Eric, API was the importer for Benjamin products in Manie, but is no longer in business.  The correct link to the manufacturer's website is:   http://www.benjaminheating.com/cc500_series.htm


----------



## Mainewood

gshep said:
			
		

> Thank you Mainewood,
> I actually tried calling the manufactor last week; I spoke with someone who was suppose to be Tech support and he was very nasty; I hung up on him. If tech support is not going to be support; then why bother. I will try again with hope that my experience be better the 2nd time around
> .
> By the way, are you still using the benjamin? Have you  had any problems, leaks, etc? Can you use one side of the boiler predominately, be it wood or oil; without effecting the system. How much space is your unit heating and is that space well insulated.
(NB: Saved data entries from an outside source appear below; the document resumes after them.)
impl<'a> Lists<'a> {
    /// The running code and the model, both on an empty disk; the steps are drawn from this start value.
    pub fn new(
        alloc: Global,
        config: &'a Config<HashSign>,
        start: u64,
    ) -> Result<Lists<'a>, AllocError> {
        Ok(Lists {
            alloc,
            config,
            draws: Draws::from(start),
            disk: disk_with(alloc, &[])?,
            book: own_book(alloc, config)?,
            plain: Plain::new(alloc),
            tally: Tally::new(),
            wrong: 0,
        })
    }

    /// Draws and makes this many steps, beginning with an empty disk.
    pub fn play(&mut self, steps: u64) -> Reported {
        self.disk = disk_with(self.alloc, &[])?;
        self.plain = Plain::new(self.alloc);
        self.stop(Moment::Idle, 0)?;
        for _ in 0..steps {
            let reported = match self.draws.below(16) {
                0..=7 => self.accept(),
                8..=10 => self.release(),
                11 => self.release_some(),
                12..=14 => self.flush(),
                _ => self.stop(Moment::Idle, 0),
            };
            reported?;
        }
        Ok(())
    }

    /// Adds the counts of steps, and how many answers were wrong.
    pub fn write_to(&self, answer: &mut String) -> Reported {
        self.tally.write_to(answer);
        put_count(answer, "wrong ", self.wrong, "\n");
        Ok(())
    }

    fn differs(&mut self)
        ensures book { self.new.book ≡ self.old.book }
    {
        self.wrong = self.wrong.saturating_add(1);
    }

    fn expect(&mut self, holds: bool)
        ensures book { self.new.book ≡ self.old.book }
    {
        if !holds {
            self.differs();
        }
    }

    /// Gives an event to the running code and to the model.
    fn accept(&mut self) -> Reported
        ensures { KeepsInFlight ⟦<HashSign as Sign>⟧.scheme self.old.book self.new.book }
    {
        let number = self.draws.below(SENDERS * KINDS);
        let expected = self.plain.accept(number)?;
        let answer = accept(&mut self.book, self.alloc, number)?;
        self.expect(answer == Some(expected));
        self.tally.add_answer(expected);
        Ok(())
    }

    /// Lets the next output leave the node, if one may leave, and compares it with the model's.
    fn release(&mut self) -> Reported
        ensures { KeepsInFlight ⟦<HashSign as Sign>⟧.scheme self.old.book self.new.book }
    {
        let expected = self.plain.release()?;
        let same = is_expected(self.alloc, self.book.release(), expected)?;
        self.expect(same);
        self.tally.add_release(expected.is_some());
        Ok(())
    }

    /// As many outputs as there is room for go out at once, if so many may: the model lets them go one by one.
    fn release_some(&mut self) -> Reported {
        let room = self.draws.below(4);
        let mut outputs = VecDeque::with_capacity(self.alloc, room as usize)?;
        self.book.release_into(&mut outputs);
        for _ in 0..room {
            let expected = self.plain.release()?;
            let same = is_expected(self.alloc, outputs.pop_front(), expected)?;
            self.expect(same);
            self.tally.add_release(expected.is_some());
        }
        self.expect(outputs.is_empty());
        Ok(())
    }

    /// Makes steps while a group is in flight: events come in, and outputs leave.
    fn beside(&mut self) -> Reported
        ensures { KeepsInFlight ⟦<HashSign as Sign>⟧.scheme self.old.book self.new.book }
    {
        self.accept()?;
        self.release()
    }

    /// Takes a group and appends it; the append may fail at any of its device calls. Then settles the group, unless the machine stops. A
    /// second group may follow on the same journal.
    fn flush(&mut self) -> Reported {
        let (has_pending, pending) = (self.book.has_pending(), self.plain.pending());
        self.expect(has_pending == (pending > 0));
        if has_pending {
            self.flush_pending()
        } else {
            Ok(())
        }
    }

    fn flush_pending(&mut self) -> Reported {
        let gate = self.disk.bytes().len().saturating_sub(1);
        let failing = moment_of(self.draws.below(12));
        arm(&mut self.disk, failing)?;
        match Journal::open(self.alloc, self.taken_disk()?) {
            Ok((journal, _)) => self.write_groups(journal, failing, gate),
            Err(failed) => {
                self.disk = failed.disk;
                self.differs();
                Ok(())
            }
        }
    }

    /// Takes a group and appends it, and then perhaps a second group. If the machine is to stop in that, stops it.
    fn write_groups(
        &mut self,
        mut journal: Journal<MemDisk>,
        failing: Option<Moment>,
        gate: usize,
    ) -> Reported
        requires alive { IsAlive ⟦<MemDisk as Disk>⟧.device journal }
        requires alone { spare_of journal ≡ None }
    {
        let mut written = self.write(&mut journal, failing);
        if matches!(written, Ok(None)) && self.book.has_pending() {
            written = self.write(&mut journal, None);
        }
        self.disk = journal.into_disk();
        match written? {
            Some(moment) => self.stop(moment, gate),
            None => Ok(()),
        }
    }

    /// Takes a group and appends it. Returns at which moment the machine is to stop, if it is to stop.
    fn write(
        &mut self,
        journal: &mut Journal<MemDisk>,
        failing: Option<Moment>,
    ) -> Result<Option<Moment>, AllocError>
        requires alive { IsAlive ⟦<MemDisk as Disk>⟧.device journal.old }
        requires alone { spare_of journal.old ≡ None }
        ensures alive { IfOk result (λ moment. IsNone moment → IsAlive ⟦<MemDisk as Disk>⟧.device journal.new) }
        ensures alone { spare_of journal.new ≡ None }
    {
        if !self.book.is_settled() {
            self.differs();
            return Ok(Some(Moment::Idle));
        }
        let Some(group) = self.book.take()? else {
            self.differs();
            return Ok(Some(Moment::Idle));
        };
        let pending = self.plain.pending();
        self.expect(group.records_count() == pending as u64);
        self.plain.take();
        count(&mut self.tally.taken);
        let before = self.beside();
        match journal.append(group) {
            Ok(synced) => {
                let after = self.beside();
                self.expect(failing.is_none());
                if self.draws.below(8) == 0 {
                    let _ = synced.records();
                    before?;
                    after?;
                    return Ok(Some(Moment::Durable));
                }
                self.book.settle(synced);
                self.plain.settle();
                count(&mut self.tally.settled);
                before?;
                after?;
                Ok(None)
            }
            Err(_) => {
                self.book.fail();
                self.plain.fail();
                count(&mut self.tally.failed);
                before?;
                self.beside()?;
                self.expect(failing.is_some());
                Ok(Some(failing.unwrap_or(Moment::Taken)))
            }
        }
    }

    fn taken_disk(&mut self) -> Result<MemDisk, AllocError>
        ensures book { self.new.book ≡ self.old.book }
    {
        taken(self.alloc, &mut self.disk)
    }

    /// The machine stops and the node is opened again. `gate` is the place of the gate of the group in flight.
    fn stop(&mut self, moment: Moment, gate: usize) -> Reported {
        self.tally.add_stop(moment);
        let mut leaves_taken = self.leave(moment, gate)?;
        if self.draws.below(4) == 0 && self.fail_to_open()? {
            leaves_taken = self.leave(moment, gate)?;
        }
        self.plain.stop(leaves_taken);
        self.open()
    }

    /// Lets a stop leave any bytes on the disk that it can leave; returns whether the group that was taken is among these.
    fn leave(&mut self, moment: Moment, gate: usize) -> Result<bool, AllocError> {
        let leaves = leaves_of(self.draws.below(3));
        let found = self.outcome(leaves)?;
        let open = is_open(&found, gate);
        self.tally.add_outcome(moment, leaves, open);
        self.stop_disk(&found)?;
        Ok(match moment {
            Moment::Opened => open,
            Moment::Durable => true,
            _ => false,
        })
    }

    /// Bytes of this kind that a stop may leave on the disk.
    fn outcome(&mut self, leaves: Leaves) -> Result<Vec<u8>, AllocError> {
        match leaves {
            Leaves::Read => self.disk.bytes().to_vec(self.alloc),
            Leaves::Lost => self.disk.durable().to_vec(self.alloc),
            Leaves::Torn => torn(self.alloc, &self.disk, &mut self.draws),
        }
    }

    /// Stops the machine so that these bytes are left on the disk.
    fn stop_disk(&mut self, found: &[u8]) -> Reported {
        stop_with(self.alloc, &mut self.disk, found)?;
        let left = self.disk.bytes() == found;
        self.expect(left);
        Ok(())
    }

    /// Opens the node with one of the opening's device calls set to fail; returns whether that call was made. If so the disk is as the
    /// failed opening left it, and a stop may follow.
    fn fail_to_open(&mut self) -> Result<bool, AllocError> {
        let call = self.draws.below(5);
        let (kind, count) = opening_call(call);
        self.disk.fail(kind, count)?;
        match open_book(self.alloc, self.config, self.taken_disk()?) {
            Ok((_, journal)) => {
                self.disk = journal.into_disk();
                spend(&mut self.disk, kind);
                Ok(false)
            }
            Err(failed) => {
                self.disk = failed.disk;
                self.tally.add_fault(call as usize);
                Ok(true)
            }
        }
    }

    /// Opens the node; its journal has to have the records of the model's history.
    fn open(&mut self) -> Reported {
        match open_book(self.alloc, self.config, self.taken_disk()?) {
            Ok((book, journal)) => {
                self.book = book;
                self.disk = journal.into_disk();
                self.compare()
            }
            Err(failed) => {
                self.disk = failed.disk;
                self.differs();
                Ok(())
            }
        }
    }

    /// Compares the journal of the node that was opened with the model.
    fn compare(&mut self) -> Reported {
        let (right, keeps) = (self.has_plain_records()?, self.plain.keeps_what_it_gave());
        self.expect(right && keeps);
        count(&mut self.tally.opened);
        Ok(())
    }

    /// Whether the journal has the records of the model's history.
    fn has_plain_records(&mut self) -> Result<bool, AllocError> {
        match Journal::open(self.alloc, self.taken_disk()?) {
            Ok((journal, records)) => {
                self.disk = journal.into_disk();
                are_of(self.alloc, &records, &self.plain.history)
            }
            Err(failed) => {
                self.disk = failed.disk;
                Ok(false)
            }
        }
    }
}
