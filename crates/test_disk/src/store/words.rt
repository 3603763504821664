//! The words of a command of a test case, and the parts of its answer.

use crate::words::call_of;
pub use crate::words::{Reported, bad, parted, put, put_count, put_shown, report_fault};
use diskmodel::CallKind;
use std::alloc::{AllocError, Global};
use test_cases::{bytes_of, write_hex};

/// A word that follows a command's name.
#[derive(Drop)]
pub enum Word {
    Number(u64),
    /// Bytes, written as an `x` and then hexadecimal digits.
    Bytes(Vec<u8>),
    Call(CallKind),
    Flush,
    Checkpoint,
    Stop,
    Bad,
}

/// The words of a text, which are separated by blanks.
pub fn words_of(alloc: Global, text: &str) -> Result<Vec<Word>, AllocError> {
    let mut words = Vec::new(alloc);
    for word in text.split_whitespace() {
        words.push(word_of(alloc, word)?)?;
    }
    Ok(words)
}

fn word_of(alloc: Global, word: &str) -> Result<Word, AllocError> {
    match word.strip_prefix('x') {
        Some(digits) => Ok(match bytes_of(alloc, digits)? {
            Some(bytes) => Word::Bytes(bytes),
            None => Word::Bad,
        }),
        None => Ok(named(word)),
    }
}

/// Reads a word that isn't bytes: `flush`, `checkpoint`, `stop`, a kind of device call, or a number.
fn named(word: &str) -> Word {
    match word {
        "flush" => Word::Flush,
        "checkpoint" => Word::Checkpoint,
        "stop" => Word::Stop,
        _ => match call_of(word) {
            Some(call) => Word::Call(call),
            None => number_of(word),
        },
    }
}

fn number_of(word: &str) -> Word {
    match word.parse() {
        Ok(number) => Word::Number(number),
        Err(_) => Word::Bad,
    }
}

/// The numbers among these words.
pub fn numbers(alloc: Global, words: &[Word]) -> Result<Vec<u64>, AllocError> {
    let mut numbers = Vec::new(alloc);
    for word in words {
        if let Word::Number(number) = word {
            numbers.push(*number)?;
        }
    }
    Ok(numbers)
}

/// Adds a line to the text, unless the text has the same line already.
pub fn put_once(text: &mut String, line: &str) {
    if !text.as_str().contains(line) {
        put(text, line);
    }
}

/// Adds a line with a number and a text, if the text differs from the last one that was added, and keeps the text as the last one.
pub fn put_other(answer: &mut String, number: u64, text: String, before: &mut String) {
    if text.as_str() != before.as_str() {
        put_count(answer, "", number, ": ");
        put(answer, text.as_str());
        put(answer, "\n");
    }
    *before = text;
}

/// Adds a number after a space.
pub fn put_number(text: &mut String, number: u64) {
    put_count(text, " ", number, "");
}

/// Adds a space, an `x`, and bytes as hexadecimal digits.
pub fn put_bytes(text: &mut String, bytes: &[u8]) {
    put(text, " x");
    let _ = write_hex(text, bytes);
}

/// Adds the answer to a line that isn't a command.
pub fn reported_bad(answer: &mut String) -> Reported {
    bad(answer);
    Ok(())
}
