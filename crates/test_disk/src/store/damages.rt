//! Openings of a node on a file that is cut or changed at each of several places.

use crate::store::openings::reported;
use crate::store::words::{Reported, put, put_count, put_other};
use sigface::HashSign;
use std::alloc::{AllocError, Global};
use std::ops::RangeInclusive;
use validator::Config;

/// Opens the prefixes of a file with each of these lengths. A line is added wherever the answer changes.
pub fn lengths(
    alloc: Global,
    config: &Config<HashSign>,
    file: &[u8],
    lengths: RangeInclusive<u64>,
    answer: &mut String,
) -> Reported {
    let mut before = String::new(alloc);
    for length in lengths {
        if let Some(bytes) = file.get(..length as usize) {
            let text = reported(alloc, config, bytes)?;
            put_other(answer, length, text, &mut before);
        }
    }
    Ok(())
}

/// An answer, and how often it was given.
#[derive(Drop)]
struct Count {
    text: String,
    times: u64,
}

/// Changes each of these places of a file to this many other values, at equal distances, and opens a node on each changed file. Adds how
/// often each answer was given.
pub fn changes(
    alloc: Global,
    config: &Config<HashSign>,
    file: &[u8],
    places: RangeInclusive<u64>,
    values: u64,
    answer: &mut String,
) -> Reported {
    let mut counts = Vec::new(alloc);
    let step = 256 / values.clamp(1, 255).saturating_add(1);
    for place in places {
        for turn in 1..=values {
            let more = (turn.wrapping_mul(step) % 256) as u8;
            let text = reported_changed(alloc, config, file, place, more)?;
            add_one(&mut counts, text)?;
        }
    }
    report_counts(&counts, answer);
    Ok(())
}

fn report_counts(counts: &[Count], answer: &mut String) {
    for Count { text, times } in counts {
        put_count(answer, "", *times, " ");
        put(answer, text.as_str());
        put(answer, "\n");
    }
}

/// The answer of opening a node on a file, to one byte of which this number is added.
fn reported_changed(
    alloc: Global,
    config: &Config<HashSign>,
    file: &[u8],
    place: u64,
    more: u8,
) -> Result<String, AllocError> {
    let mut bytes = file.to_vec(alloc)?;
    if let Some(byte) = bytes.get_mut(place as usize) {
        *byte = byte.wrapping_add(more);
    }
    reported(alloc, config, &bytes)
}

fn add_one(counts: &mut Vec<Count>, text: String) -> Reported {
    for one in counts.iter_mut() {
        if one.text.as_str() == text.as_str() {
            one.times = one.times.saturating_add(1);
            return Ok(());
        }
    }
    counts.push(Count { text, times: 1 })?;
    Ok(())
}
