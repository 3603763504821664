//! A writer that fails when it is full.

use std::alloc::Global;
use std::io::{self, ErrorKind, Write};

/// How many bytes the writer takes in one call.
const PIECE: usize = 50;

/// A writer that takes a limited number of bytes, in pieces.
#[derive(Drop)]
pub struct Taker {
    pub bytes: Vec<u8>,
    room: usize,
}

impl Taker {
    /// A writer with room for this many bytes.
    pub fn new(alloc: Global, room: usize) -> Taker {
        Taker {
            bytes: Vec::new(alloc),
            room,
        }
    }
}

impl Write for Taker {
    fn write(&mut self, bytes: &[u8]) -> io::Result<usize> {
        if self.room == 0 {
            return Err(ErrorKind::Other.into());
        }
        let taken = bytes.get(..self.room.min(PIECE)).unwrap_or(bytes);
        self.bytes.extend_from_slice(taken)?;
        self.room = self.room.saturating_sub(taken.len());
        Ok(taken.len())
    }

    fn flush(&mut self) -> io::Result<()> {
        Ok(())
    }
}
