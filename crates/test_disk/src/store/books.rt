//! Commands of a test case to a book of member 0.

use crate::memory::taken;
use crate::store::checkpoints::put_checkpoint;
use crate::store::disks::report_if;
use crate::store::headers::{Named, batch, body, event, header, report_output, vote};
use crate::store::rounds::{Putting, put_groups};
use crate::store::stores::Store;
use crate::store::words::{
    Reported, Word, bad, put, put_count, put_number, put_shown, reported_bad,
};
use book::{OwnBook, Receipt};
use committee::Committee;
use sigface::HashSign;
use std::alloc::{AllocError, Global};
use std::collections::VecDeque;
use validator::Refusal::{
    self, AlreadyProposed, CertConflict, CoinConflict, CoinEarly, CoinOutOfTurn, DigestClash, Down,
    Equivocation, Memory, MissingBatch, MissingParents, NotOurs, StoreFull, TooOld,
};
use validator::{Config, Step, Validator};
use wire::{Author, Message, Round};

/// The sender of the votes and the batches in the test cases.
const OTHER: Author = Author(1);

/// All reasons to refuse an event.
const REFUSALS: [Refusal; 14] = [
    Memory,
    Down,
    TooOld,
    MissingParents,
    MissingBatch,
    Equivocation,
    CertConflict,
    DigestClash,
    AlreadyProposed,
    NotOurs,
    CoinOutOfTurn,
    CoinEarly,
    CoinConflict,
    StoreFull,
];

/// A book that has accepted nothing.
pub fn own_book(
    alloc: Global,
    config: &Config<HashSign>,
) -> Result<OwnBook<'_, HashSign>, AllocError> {
    Ok(OwnBook::new(alloc, Validator::new(alloc, config)?))
}

impl Store<'_> {
    /// Carries out a command without a word: it writes groups of the book to the disk, or shows something of the book.
    pub fn obey_book(&mut self, name: &str, answer: &mut String) -> Reported {
        match name {
            "put" => return self.put(Putting::Written, answer),
            "flush" => return self.put(Putting::Settled, answer),
            "write_two" => return self.put(Putting::Two, answer),
            "checkpoint" => return self.checkpoint(0, answer),
            "checkpoint_failing" => return self.checkpoint(2, answer),
            "release" => self.release(answer),
            "down" => report_if(answer, self.book.is_down()),
            "fault" => self.book.fail(),
            "refusals" => report_refusals(answer),
            _ => bad(answer),
        }
        Ok(())
    }

    /// Gives the book member 1's vote on the header of an author and a round.
    pub fn take_vote(&mut self, author: u64, round: u64, answer: &mut String) -> Reported {
        match slot(author, round) {
            Some((author, round)) => self.accept(OTHER, vote(OTHER, author, round), answer),
            None => bad(answer),
        }
        Ok(())
    }

    /// Gives the header of an author and a round, with certificates of some members as parents, to the book, or to a validator without a
    /// book.
    pub fn take_header(&mut self, name: &str, words: &[Word], answer: &mut String) -> Reported {
        let [
            Word::Number(author),
            Word::Number(round),
            Word::Bytes(members),
        ] = words
        else {
            return reported_bad(answer);
        };
        let (Some(named), Some((author, round))) = (named_of(name), slot(*author, *round)) else {
            return reported_bad(answer);
        };
        let message = header(body(self.alloc, named, author, round, members)?);
        if name == "step" {
            return step(self.alloc, self.config, author, message, answer);
        }
        self.accept(author, message, answer);
        Ok(())
    }

    fn accept(&mut self, sender: Author, message: Message, answer: &mut String) {
        let Some(event) = event(self.book.committee(), sender, message) else {
            return bad(answer);
        };
        match self.book.accept(event) {
            Ok(receipt) => report_receipt(answer, receipt),
            Err(refusal) => report_refusal(answer, refusal),
        }
    }

    /// Gives the book this many different batches of member 1, each with a record of this length; shows the answer to the last batch.
    pub fn fill(&mut self, count: u64, len: usize, answer: &mut String) -> Reported {
        for number in 0..count {
            answer.clear();
            match batch(self.alloc, OTHER, number, len)? {
                Some(batch) => self.accept(OTHER, Message::Batch(batch), answer),
                None => bad(answer),
            }
        }
        Ok(())
    }

    fn put(&mut self, putting: Putting, answer: &mut String) -> Reported {
        let disk = taken(self.alloc, &mut self.disk)?;
        self.disk = put_groups(self.alloc, &mut self.book, disk, putting, answer);
        Ok(())
    }

    /// Makes a checkpoint, with the count-th write to the disk set to fail; 0 sets none. The opening makes the first write.
    fn checkpoint(&mut self, count: u64, answer: &mut String) -> Reported {
        put_checkpoint(self.alloc, self.config, &mut self.book, count, answer)
    }

    /// Moves as many outputs out at once as there is room for, and shows them.
    pub fn release_into(&mut self, room: usize, answer: &mut String) -> Reported {
        let mut outputs = VecDeque::with_capacity(self.alloc, room)?;
        self.book.release_into(&mut outputs);
        if outputs.is_empty() {
            put(answer, "none\n");
        }
        for output in outputs.iter() {
            report_output(self.book.committee(), answer, output);
        }
        Ok(())
    }

    fn release(&mut self, answer: &mut String) {
        match self.book.release() {
            Some(output) => report_output(self.book.committee(), answer, &output),
            None => put(answer, "none\n"),
        }
    }
}

/// What a header names, by the name of the command that gives the header.
fn named_of(name: &str) -> Option<Named> {
    match name {
        "header" | "step" => Some(Named::Genesis),
        "batch" => Some(Named::Batch),
        "foreign" => Some(Named::Foreign),
        _ => None,
    }
}

fn slot(author: u64, round: u64) -> Option<(Author, Round)> {
    let author = Author(u16::try_from(author).ok()?);
    Some((author, Round::new(round).ok()?))
}

/// Gives a message to a validator without a book.
fn step(
    alloc: Global,
    config: &Config<HashSign>,
    sender: Author,
    message: Message,
    answer: &mut String,
) -> Reported {
    let mut validator = Validator::new(alloc, config)?;
    let Some(event) = event(validator.committee(), sender, message) else {
        return reported_bad(answer);
    };
    put_count(answer, "from ", u64::from(event.sender().0), "");
    put_count(answer, " to ", u64::from(config.own().0), ": ");
    let is_new = validator.is_new(&event);
    let step = validator.step(event);
    report_step(config.committee(), is_new, step, answer);
    Ok(())
}

/// Adds a validator's answer to an event, and whether `is_new` said beforehand that the event is new.
fn report_step(
    committee: &Committee,
    is_new: bool,
    step: Result<Step, Refusal>,
    answer: &mut String,
) {
    match step {
        Ok(Step::New(outputs)) => {
            put_shown(answer, "New ", &is_new, "\n");
            for output in &outputs {
                report_output(committee, answer, output);
            }
        }
        Ok(Step::Known(_)) => {
            put_shown(answer, "Known ", &is_new, "\nknown\n");
        }
        Err(refusal) => {
            let _ = write!(answer, "Refused({refusal:?}) ");
            put_shown(answer, "", &is_new, "\n");
            report_refusal(answer, refusal);
        }
    }
}

fn report_receipt(answer: &mut String, receipt: Receipt) {
    put(answer, if receipt.new { "new" } else { "known" });
    put_number(answer, receipt.ticket);
    put(answer, "\n");
}

fn report_refusal(answer: &mut String, refusal: Refusal) {
    put_shown(answer, "", &refusal, "\n");
}

fn report_refusals(answer: &mut String) {
    for refusal in &REFUSALS {
        report_refusal(answer, *refusal);
    }
}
Yes, I am still using the Benjamin and enjoying the fact that I am not burning 1100 gals of fossil fuel.  If you want to discuss further, send me an e-mail.


----------



## Jimxt88

I'm afraid you have lost her.  You guys went right over what her primary concerns were after keeping her house heated..." but I’m a middle aged woman who hasn’t the time nor desire to be married to a wood only boiler. I’m looking to simplfy things. What happens during cold spells? How does the wood get into the firebox if I’m away?"  So what do you say guys... how does she keep the pipes from freezing if she doesn't have an automatic fossil fuel backup.  Listen to the customer....  I know I'm butting in but I want Gshep to know she is being heard.


----------



## Eric Johnson

I think we're addressing her concerns. I'm suggesting leaving her existing oil boiler in place as a backup and installing a dedicated wood-fired boiler for primary heat. The alternative is to tear out the existing oil boiler and install a combination wood/oil boiler. My point is that it's unsafe and inconvenient to vent both oil and wood sides into the same flue. I've done it, and I don't recommend it. I'm also suggesting that it's unwise to put your entire heating system into one pressure vessel if you can avoid it. Better to have two separate appliances that can be isolated from the system in the event of a problem, such as a leak or a plugged chimney.


----------



## Jimxt88

Yes, you are right.  I knew you were giving her good advice.  I thought she may have felt her problems were solved with the CC500 and wanted confirmation.  I know what it is like to think you've found the solution to your problems only to be told it isn't going to be that easy.   I know you are not salesmen.  I appreciate all the genuine support and interest you have shown my concerns.  I hope she takes your advice.  Would you recommend the Harmon Pellet boilers.  Not necessarily to gshep but in general.  I am thinking of buying one to solve another heating problem in my life not previously addressed on this chat room.


----------



## Jimxt88

Having trouble finding a dealer around here for the Harmon Pellet Boiler.  I'll have to call the fellow in Maine I was referred to earlier.  About Gshep and the CC500:  as I understood you Erik, you were trying to tell her that she can avoid being married to a wood stove by leaving her existing oil burner in place and adding a wood-only gasifying boiler arranged to work in parallell with her oil-fired boiler.  By means of a plumbing/electrical circuit that would induce the oil appliance to kick in when her wood-fired boiler is left unattended.  Is that right?  The caveat being that she would also have to find a way to vent the two appliances independently of one another.  Chacnes are, if her existing oil boiler is twenty-five years old, her chimney is not lined.  If she puts a wood burning appliance into that flue she will have to line the chimney not only for code compliance but for health and safety.  Of course she would want to do this even if she went with the Benjamin CC500.  Is venting the oil-boiler out the cellar window something that can be done within code limitations?


----------



## Eric Johnson

From most perspectives, a pellet boiler is an excellent choice. I don't know anything about specific brands. My only concern with pellets is that their pricing will always track that of oil. If oil goes up a buck a gallon, you can bet that pellets will rise in price accordingly. You'll probably always save money with pellets, but you have to factor in the initial cost of the boiler vs. oil, and realize that the savings won't approach those of chunk wood, which can be had in many cases for little or nothing. And the price of raw wood tends to be a lot more stable. But it's also a lot more work. So it's more of a lifestyle choice than anything else.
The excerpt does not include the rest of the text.